* **Brief**: The result should be every line in the data below that carries the string "MemFile".

Dataset extract Start Marker

//! Tests of attributes.

ghost use Rattle.std.specs.Prelude.{◌≡◌, IfOk};
ghost use Rattle.std.specs.Option.{option_map};
ghost use Rattle.css_prelude.specs.Attributes as attributes;

use crate::words::{ident, word};
use css_data::{AttrOp, Test};
use css_tokens::{Rest, begins, delim_of, skip_spaces};
use mc_base::Text;
use std::alloc::{AllocError, Global};

/// What this character before a `=` asks.
fn op_char(ch: char) -> Option<AttrOp>
    ensures { result ≡ attributes.op_char ch }
{
    if ch == '~' {
        return Some(AttrOp::Word);
    }
    if ch == '|' {
        return Some(AttrOp::Dash);
    }
    if ch == '^' {
        return Some(AttrOp::Prefix);
    }
    if ch == '$' {
        return Some(AttrOp::Suffix);
    }
    if ch == '*' {
        return Some(AttrOp::Part);
    }
    None
}

fn first_op(rest: &Rest) -> Option<AttrOp>
    ensures { result ≡ attributes.first_op rest.now }
{
    let ch = delim_of(rest.peek()?)?;
    op_char(ch)
}

/// Goes past the sign between a name and a value.
fn op(rest: &mut Rest) -> Option<AttrOp>
    ensures { option_map (λ o. (o, rest.new)) result ≡ attributes.op_at rest.old }
{
    if begins(rest, '=') {
        rest.bump();
        return Some(AttrOp::Equal);
    }
    let op = first_op(rest)?;
    rest.bump();
    if !begins(rest, '=') {
        return None;
    }
    rest.bump();
    Some(op)
}

/// The value and the closing sign.
fn valued(
    alloc: Global,
    name: Text,
    op: AttrOp,
    rest: &mut Rest,
) -> Result<Option<Test>, AllocError>
    ensures { IfOk result (λ o. option_map (λ t. (t, rest.new)) o ≡ attributes.valued_at name op rest.old) }
{
    skip_spaces(rest);
    let Some(value) = word(alloc, rest)? else {
        return Ok(None);
    };
    skip_spaces(rest);
    if !begins(rest, ']') {
        return Ok(None);
    }
    rest.bump();
    Ok(Some(Test::Attr { name, op, value }))
}

/// What follows the name and white space.
fn named(alloc: Global, name: Text, rest: &mut Rest) -> Result<Option<Test>, AllocError>
    ensures { IfOk result (λ o. option_map (λ t. (t, rest.new)) o ≡ attributes.named_at name rest.old) }
{
    if begins(rest, ']') {
        rest.bump();
        return Ok(Some(Test::Attr {
            name,
            op: AttrOp::Has,
            value: Text::new(alloc),
        }));
    }
    let Some(op) = op(rest) else {
        return Ok(None);
    };
    valued(alloc, name, op, rest)
}

/// A test of an attribute after its `[` (Selectors 3, section 6.3).
pub fn attribute(alloc: Global, rest: &mut Rest) -> Result<Option<Test>, AllocError>
    ensures { IfOk result (λ o. option_map (λ t. (t, rest.new)) o ≡ attributes.attribute_at rest.old) }
{
    skip_spaces(rest);
    let Some(name) = ident(alloc, rest)? else {
        return Ok(None);
    };
    skip_spaces(rest);
    named(alloc, name, rest)
}
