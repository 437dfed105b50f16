//! What stands in a container, and the parts that it is cut into.

use mc_base::List;

/// What the content of a container has in document order: a box begins or ends, by its number; an item stands; or a box that
/// spans the columns begins or ends.
#[derive(Clone, Copy, Debug, PartialEq, Eq)]
pub enum Event {
    Open(u32),
    Close(u32),
    Piece(u32),
    SpanOpen(u32),
    SpanClose(u32),
}

/// A part of the content: the events from `from` up to `to`, counted from 0, `to` not included. It is a spanner, or what
/// stands between two of them. `opened` are the boxes that are open where it begins, from outside inwards.
///
/// `lead` says that it begins with the end of a box, so that a void stands before that: a box that goes on from the part
/// before has no item of its own here. `trail` says that it ends with the beginning of a box, and a void stands after that.
#[derive(Drop)]
pub struct Part {
    pub spanner: bool,
    pub opened: List<u32>,
    pub from: u32,
    pub to: u32,
    pub lead: bool,
    pub trail: bool,
}
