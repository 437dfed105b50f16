//! The preludes of rules: lists of selectors, and the media of `@media`.
//!
//! It stands on mc_base, css_data and css_tokens. It promises that `selector_list` and `media_list` answer what a prelude spells,
//! or that it is off the grammar. They go over the lexemes once, without recursion.
#![tactic(auto)]

mod attribute;
mod compound;
mod media;
mod nth;
mod pseudo;
mod selecting;
mod words;

pub use media::media_list;
pub use selecting::{Selectors, selector_list};
pub use words::or_found;
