ghost use Rattle.std.specs.Prelude.{◌≡◌};

use call_status::Status;
use engine_session::Works;
use kept_build::KeptDevices;
use runner::Runner;
use site_build::Devices;

/// What a call hands back: how it ended, what it was handed, and the engine with which it ended beside its runner.
#[derive(Drop)]
pub struct HandedBack<R: Runner, S, H, K, N, O> {
    pub status: Status,
    pub works: Works<R>,
    pub devices: Devices<S, H, N, O>,
    pub keeper: K,
}

/// What a command without a keeper hands back.
#[derive(Drop)]
pub(crate) struct Returned<R: Runner, S, H, N, O> {
    pub status: Status,
    pub works: Works<R>,
    pub devices: Devices<S, H, N, O>,
}

/// Hands back the engine with its runner, and the devices.
pub(crate) fn hand_back<R: Runner, S, H, N, O>(
    status: Status,
    works: Works<R>,
    devices: Devices<S, H, N, O>,
) -> Returned<R, S, H, N, O>
    ensures status { result.status ≡ status }
    ensures works { result.works ≡ works }
    ensures devices { result.devices ≡ devices }
{
    Returned {
        status,
        works,
        devices,
    }
}

/// Hands back a keeper beside what a command without one hands back.
pub(crate) fn beside<R: Runner, S, H, K, N, O>(
    returned: Returned<R, S, H, N, O>,
    keeper: K,
) -> HandedBack<R, S, H, K, N, O>
    ensures status { result.status ≡ returned.status }
    ensures works { result.works ≡ returned.works }
    ensures devices { result.devices ≡ returned.devices }
    ensures keeper { result.keeper ≡ keeper }
{
    let Returned {
        status,
        works,
        devices,
    } = returned;
    HandedBack {
        status,
        works,
        devices,
        keeper,
    }
}

/// Hands back the engine with its runner, the devices and the keeper.
pub(crate) fn hand_back_kept<R: Runner, S, H, K, N, O>(
    status: Status,
    works: Works<R>,
    devices: KeptDevices<S, H, K, N, O>,
) -> HandedBack<R, S, H, K, N, O>
    ensures status { result.status ≡ status }
    ensures works { result.works ≡ works }
    ensures devices { result.devices ≡ devices.devices }
    ensures keeper { result.keeper ≡ devices.keeper }
{
    let KeptDevices { devices, keeper } = devices;
    beside(hand_back(status, works, devices), keeper)
}
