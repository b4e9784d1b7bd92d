ghost use Rattle.std.specs.Prelude.{◌≡◌, ◌≤◌, ℕ, List, Option};
ghost use Rattle.engine_session.specs.Standing.{Counts, counts};
ghost use Rattle.outside.specs.Causes.{Counted};
ghost use Rattle.pan_top.specs.Demos.{Shows, limits_given, shown_by};
ghost use Rattle.site_build.specs.Scenes.{Scene};
ghost use Rattle.call_status.specs.declared.status.Status.{Status};

use crate::closing::say;
use base::Steps;
use call_status::Status;
use command_words::Demonstration;
use demo::{End, Plan, demo};
use engine_session::Works;
use outside::Sink;
use pan_ast::Limits;
use runner::Runner;
use session::Ended;
use std::alloc::Global;
use std::sync::ledger::Ledger;

/// The limits of a demo's runs.
fn limits_given(demonstration: &Demonstration) -> Limits
    ensures { result ≡ limits_given demonstration.now }
{
    Limits {
        max_iteration: demonstration.iterations,
        max_recursion: demonstration.recursion,
    }
}

/// A demo, as `demo::demo` says, with the line of its end behind it.
pub fn show<R: Runner, O: Sink, L: Ledger>(
    alloc: Global,
    demonstration: &Demonstration,
    works: &mut Works<R>,
    out: &mut O,
    steps: &mut Steps<L>,
) -> Status
    ensures shows { Shows (shown_by R.meaning demonstration.now) result (O.held out.old)
        (O.held out.new) (counts (R.runs_of works.old.runner) steps.old)
        (counts (R.runs_of works.new.runner) steps.new) }
    ensures count { Counted (result ≡ Status.OutFault) (O.fault_count out.old)
        (O.fault_count out.new) }
{
    let limits = limits_given(demonstration);
    let plan = Plan {
        count: demonstration.count,
        start: demonstration.start,
        limits,
    };
    match demo(alloc, plan, works, out, steps) {
        Ok(Ended::NumbersSpent) => say(out, b"numbers spent\n", Status::NumbersSpent),
        Ok(Ended::TooMuch) => say(out, b"too much\n", Status::TooMuch),
        Ok(Ended::Clean) => Status::Clean,
        Ok(Ended::SomeFaults) => Status::SomeFaults,
        Ok(Ended::TooManyRemovals(_)) => unreachable!(),
        Err(End::Out) => Status::OutFault,
        Err(End::Memory) => Status::Memory,
    }
}
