ghost use Rattle.std.specs.Prelude.{◌≡◌, None};
ghost use Rattle.site_build.specs.Scenes.{seen};
ghost use Rattle.engine_session.specs.Standing.{Counts};
ghost use Rattle.pan_top.specs.Formats.{FormatCall};

use crate::closing::close_build;
use call_status::Status;
use command_words::Pair;
use format_site::format_site;
use outside::{Lines, Shelf, Sink, Source};
use site_build::Devices;
use std::alloc::Global;

/// The layout of a source's templates, as `format_site::format_site` says; an end that comes early writes its line.
pub fn format_templates<S: Source, H: Shelf, N: Lines, O: Sink>(
    alloc: Global,
    pair: &Pair,
    devices: &mut Devices<S, H, N, O>,
) -> Status
    requires source_closed { S.opened devices.old.source ≡ None }
    requires shelf_closed { H.opened devices.old.shelf ≡ None }
    ensures { (spent : Counts) → FormatCall pair.now result
        (seen S.Source H.Shelf N.Lines O.Sink devices.old spent)
        (seen S.Source H.Shelf N.Lines O.Sink devices.new spent) }
{
    match format_site(alloc, pair, devices) {
        Ok(ended) => Status::after(ended),
        Err(end) => close_build(alloc, &end, &mut devices.out),
    }
}
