//! Builds and watchers of written objects over devices in memory, some calls of which fail: prints the status, the
//! faults, the runs, the text and the shelf.
//!
//! Each line says something of the next run. `file NAME TEXT` is a file of the source, TEXT being all behind NAME, and
//! a line feed; `many COUNT NAME TEXT` are the files `0NAME`, `1NAME` and so on; `then` ends a picture of the source, so that
//! what is said behind it is of the next one. `kept NAME TEXT` stands on the shelf
//! before the run. `line TEXT` is a line of a watcher. The keeper holds the rows that the run before left; `forget` takes
//! them away, and `row NAME HEX` adds one. `fail DEVICE CALL` has a call of the `source`, the `shelf`, the `keeper`, the
//! `lines` or the `sink` fail, the first being 0. The source gives its pictures, and then empty ones.
//! `run WORD ..` calls the compiler with these words, and forgets what was said. Behind `status` stand the faults that
//! the source, the shelf, the keeper and the sink counted, and the runs that were made. Behind the shelf stand the names
//! of the rows that are kept. Any other line is a remark. An object's text
//! is the word `object` and lines of three bytes, as `written_runner` says. The expected output is written by hand.
#![tactic(auto)]

ghost use Rattle.std.specs.Prelude.{◌≡◌, ◌<◌, IfOk, None, true};
ghost use Rattle.outside.specs.Pictures.{are_pictures};

use anyhow::{Result, anyhow};
use base::{Bytes, Seq, Steps, Text};
use keepers::{Keeper, MemKeeper};
use outside::{
    Held, MemFile, MemLines, MemShelf, MemSink, MemSource, Shelf, Sink, Source, are_distinct,
};
use pan_top::{Devices, HandedBack, pan};
use std::alloc::{AllocError, Global};
use std::marker::Brand;
use std::mem;
use std::sync::ledger::{Blank, Ledger};
use stored_rows::{StoredRow, are_rising};
use written_runner::Written;

/// What is said of a run.
#[derive(Drop)]
struct Case {
    /// The pictures that were ended.
    pictures: Vec<Seq<MemFile>>,
    files: Vec<MemFile>,
    held: Vec<Held>,
    lines: Vec<Bytes>,
    rows: Vec<StoredRow>,
    fails: Fails,
    ghost pictured: { are_pictures pictures.items ≡ true },
}

/// The calls of each device that are to fail.
#[derive(Drop)]
struct Fails {
    source: Vec<u64>,
    shelf: Vec<u64>,
    keeper: Vec<u64>,
    lines: Vec<u64>,
    sink: Vec<u64>,
}

fn new_case(alloc: Global) -> Case {
    Case {
        pictures: Vec::new(alloc),
        files: Vec::new(alloc),
        held: Vec::new(alloc),
        lines: Vec::new(alloc),
        rows: Vec::new(alloc),
        fails: no_fails(alloc),
    }
}

fn no_fails(alloc: Global) -> Fails {
    Fails {
        source: Vec::new(alloc),
        shelf: Vec::new(alloc),
        keeper: Vec::new(alloc),
        lines: Vec::new(alloc),
        sink: Vec::new(alloc),
    }
}

fn text_line(alloc: Global, text: &str) -> Result<Bytes, AllocError> {
    let mut bytes = Vec::from_slice(alloc, text.as_bytes())?;
    bytes.push(b'\n')?;
    Bytes::from_vec(bytes)
}

fn file(alloc: Global, case: &mut Case, name: &str, text: &str) -> Result<()> {
    case.files.push(MemFile {
        name: Text::new(alloc, name)?,
        content: Some(text_line(alloc, text)?),
    })?;
    Ok(())
}

fn many(alloc: Global, case: &mut Case, count: &str, rest: &str) -> Result<()> {
    let (name, text) = split(rest);
    for i in 0..count.parse::<u32>()? {
        let name = format!(in alloc; "{i}{name}")?;
        file(alloc, case, name.as_str(), text)?;
    }
    Ok(())
}

/// Adds these files as the next picture.
fn push_picture(alloc: Global, pictures: &mut Vec<Seq<MemFile>>, files: Vec<MemFile>) -> Result<()>
    requires { are_pictures pictures.old.items ≡ true }
    ensures { are_pictures pictures.new.items ≡ true }
{
    if !are_distinct(alloc, &files)? {
        return Err(anyhow!("two files of one name"));
    }
    pictures.push(Seq::from_vec(files))?;
    Ok(())
}

/// Ends a picture.
fn end_picture(alloc: Global, case: &mut Case) -> Result<()> {
    let files = mem::replace(&mut case.files, Vec::new(alloc));
    push_picture(alloc, &mut case.pictures, files)
}

fn kept(alloc: Global, case: &mut Case, name: &str, text: &str) -> Result<()> {
    case.held.push(Held {
        name: Text::new(alloc, name)?,
        bytes: text_line(alloc, text)?,
    })?;
    Ok(())
}

/// A row of the keeper, behind those that it has.
fn row(alloc: Global, case: &mut Case, name: &str, bytes: &str) -> Result<()> {
    case.rows.push(StoredRow {
        name: Text::new(alloc, name)?,
        bytes: Bytes::from_vec(hex::decode(alloc, bytes)?)?,
    })?;
    Ok(())
}

fn watched_line(alloc: Global, case: &mut Case, text: &str) -> Result<()> {
    case.lines.push(Bytes::from_slice(alloc, text.as_bytes())?)?;
    Ok(())
}

fn fail(case: &mut Case, device: &str, call: &str) -> Result<()> {
    let call = call.parse::<u64>()?;
    match device {
        "source" => case.fails.source.push(call)?,
        "shelf" => case.fails.shelf.push(call)?,
        "keeper" => case.fails.keeper.push(call)?,
        "lines" => case.fails.lines.push(call)?,
        "sink" => case.fails.sink.push(call)?,
        _ => return Err(anyhow!("no device")),
    }
    Ok(())
}

fn words_of(alloc: Global, text: &str) -> Result<Vec<Text>, AllocError> {
    let mut words = Vec::new(alloc);
    for word in text.split(' ') {
        words.push(Text::new(alloc, word)?)?;
    }
    Ok(words)
}

fn print_shelf(rt: &HostRuntime, held: &[Held]) -> Result<()> {
    for each in held {
        let text = str::from_utf8(each.bytes.as_slice())?;
        print!(rt; "-- {} {}", each.name.as_str(), text)?;
    }
    Ok(())
}

fn print_rows(rt: &HostRuntime, rows: &[StoredRow]) -> Result<()> {
    for row in rows {
        println!(rt; "== {}", row.name.as_str())?;
    }
    Ok(())
}

/// The devices of a case.
fn devices_of(alloc: Global, case: Case) -> Devices<MemSource, MemShelf, MemLines, MemSink>
    ensures source { result.source.source.root ≡ None }
    ensures shelf { result.shelf.shelf.root ≡ None }
{
    let Case {
        pictures,
        held,
        lines,
        fails,
        ..
    } = case;
    let Fails {
        source,
        shelf,
        lines: lines_fails,
        sink,
        ..
    } = fails;
    Devices {
        source: MemSource::new(alloc, pictures, source),
        shelf: MemShelf::new(alloc, held, shelf),
        lines: MemLines::new(lines, lines_fails),
        out: MemSink::new(alloc, sink),
    }
}

/// The keeper of a case.
fn keeper_of(alloc: Global, rows: Vec<StoredRow>, fails: Vec<u64>) -> Result<MemKeeper>
    ensures { IfOk result (λ keeper. keeper.keeper.opened ≡ None) }
{
    if !are_rising(&rows) {
        return Err(anyhow!("rows that do not rise"));
    }
    Ok(MemKeeper::new(alloc, rows, fails))
}

/// What a call handed back.
type Ended = HandedBack<Written, MemSource, MemShelf, MemKeeper, MemLines, MemSink>;

fn print_ended(rt: &HostRuntime, ended: &Ended) -> Result<()> {
    let devices = &ended.devices;
    print!(rt;
        "status {} faults {} {} {} {} runs {}\n{}",
        ended.status.exit_code(),
        devices.source.faults(),
        devices.shelf.faults(),
        ended.keeper.faults(),
        devices.out.faults(),
        ended.works.runner.runs(),
        str::from_utf8(devices.out.written())?
    )?;
    print_shelf(rt, devices.shelf.held())?;
    print_rows(rt, ended.keeper.rows())
}

/// Calls the compiler. What it promises is of no use behind this call, so no clause hands it on.
fn ended<L: Ledger>(
    alloc: Global,
    words: &[Text],
    devices: Devices<MemSource, MemShelf, MemLines, MemSink>,
    keeper: MemKeeper,
    steps: &mut Steps<L>,
) -> Ended
    requires source { devices.source.source.root ≡ None }
    requires shelf { devices.shelf.shelf.root ≡ None }
    requires keeper { keeper.keeper.opened ≡ None }
{
    pan(alloc, words, Written::new(alloc), devices, keeper, steps)
}

/// What a call came to is printed, and the rows that are kept then are given.
fn rows_after(rt: &HostRuntime, ended: &Ended) -> Result<Vec<StoredRow>> {
    print_ended(rt, ended)?;
    copies(rt.alloc(), ended.keeper.rows())
}

/// Calls the compiler over the devices of a case, and gives the rows that are kept then. Each exit of the function
/// that owns the devices has to let them go, so it has one.
fn played<L: Ledger>(
    rt: &HostRuntime,
    case: Case,
    keeper: MemKeeper,
    words: &[Text],
    steps: &mut Steps<L>,
) -> Result<Vec<StoredRow>>
    requires keeper { keeper.keeper.opened ≡ None }
{
    let devices = devices_of(rt.alloc(), case);
    let ended = ended(rt.alloc(), words, devices, keeper, steps);
    rows_after(rt, &ended)
}

/// Calls the compiler for what was said, and forgets that but for the rows that are kept then.
fn run<L: Ledger>(
    rt: &HostRuntime,
    case: &mut Case,
    words: &str,
    steps: &mut Steps<L>,
) -> Result<()> {
    let alloc = rt.alloc();
    end_picture(alloc, case)?;
    let words = words_of(alloc, words)?;
    let mut said = mem::replace(case, new_case(alloc));
    let rows = mem::replace(&mut said.rows, Vec::new(alloc));
    let fails = mem::replace(&mut said.fails.keeper, Vec::new(alloc));
    let keeper = keeper_of(alloc, rows, fails)?;
    case.rows = played(rt, said, keeper, &words, steps)?;
    Ok(())
}

/// The same rows, shared.
fn copies(alloc: Global, rows: &[StoredRow]) -> Result<Vec<StoredRow>> {
    let mut same = Vec::with_capacity(alloc, rows.len())?;
    for row in rows {
        same.push(row.share()?)?;
    }
    Ok(same)
}

/// A line's first word, and what stands behind the blank that follows it.
fn split(line: &str) -> (&str, &str) {
    line.split_once(' ').unwrap_or((line, ""))
}

fn say<L: Ledger>(
    rt: &HostRuntime,
    case: &mut Case,
    line: &str,
    steps: &mut Steps<L>,
) -> Result<()> {
    let alloc = rt.alloc();
    let (what, rest) = split(line);
    let (name, text) = split(rest);
    match what {
        "file" => file(alloc, case, name, text),
        "many" => many(alloc, case, name, text),
        "then" => end_picture(alloc, case),
        "kept" => kept(alloc, case, name, text),
        "line" => watched_line(alloc, case, rest),
        "row" => row(alloc, case, name, text),
        "forget" => {
            case.rows.clear();
            Ok(())
        }
        "fail" => fail(case, name, text),
        "run" => run(rt, case, rest, steps),
        _ => Ok(()),
    }
}

/// The lines, one after the other.
fn obey<L: Ledger>(rt: &HostRuntime, blank: Blank) -> Result<()>
    requires name { blank.name ≡ L.name }
    requires parts { blank.parts ≡ L.parts }
    requires some { 0 < blank.parts }
{
    let mut steps = Steps::<L>::new(blank);
    let mut case = new_case(rt.alloc());
    for line in rt.lines(rt.alloc()) {
        let line = line?;
        println!(rt; "> {line}")?;
        say(rt, &mut case, line.as_str(), &mut steps)?;
    }
    Ok(())
}

fn main(rt: HostRuntime) -> Result<()> {
    obey::<Brand>(&rt, Blank::new(1))
}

Dataset extract End Marker

* **Exercise answer**:
    Held, MemFile, MemLines, MemShelf, MemSink, MemSource, Shelf, Sink, Source, are_distinct,
    pictures: Vec<Seq<MemFile>>,
    files: Vec<MemFile>,
    case.files.push(MemFile {
fn push_picture(alloc: Global, pictures: &mut Vec<Seq<MemFile>>, files: Vec<MemFile>) -> Result<()>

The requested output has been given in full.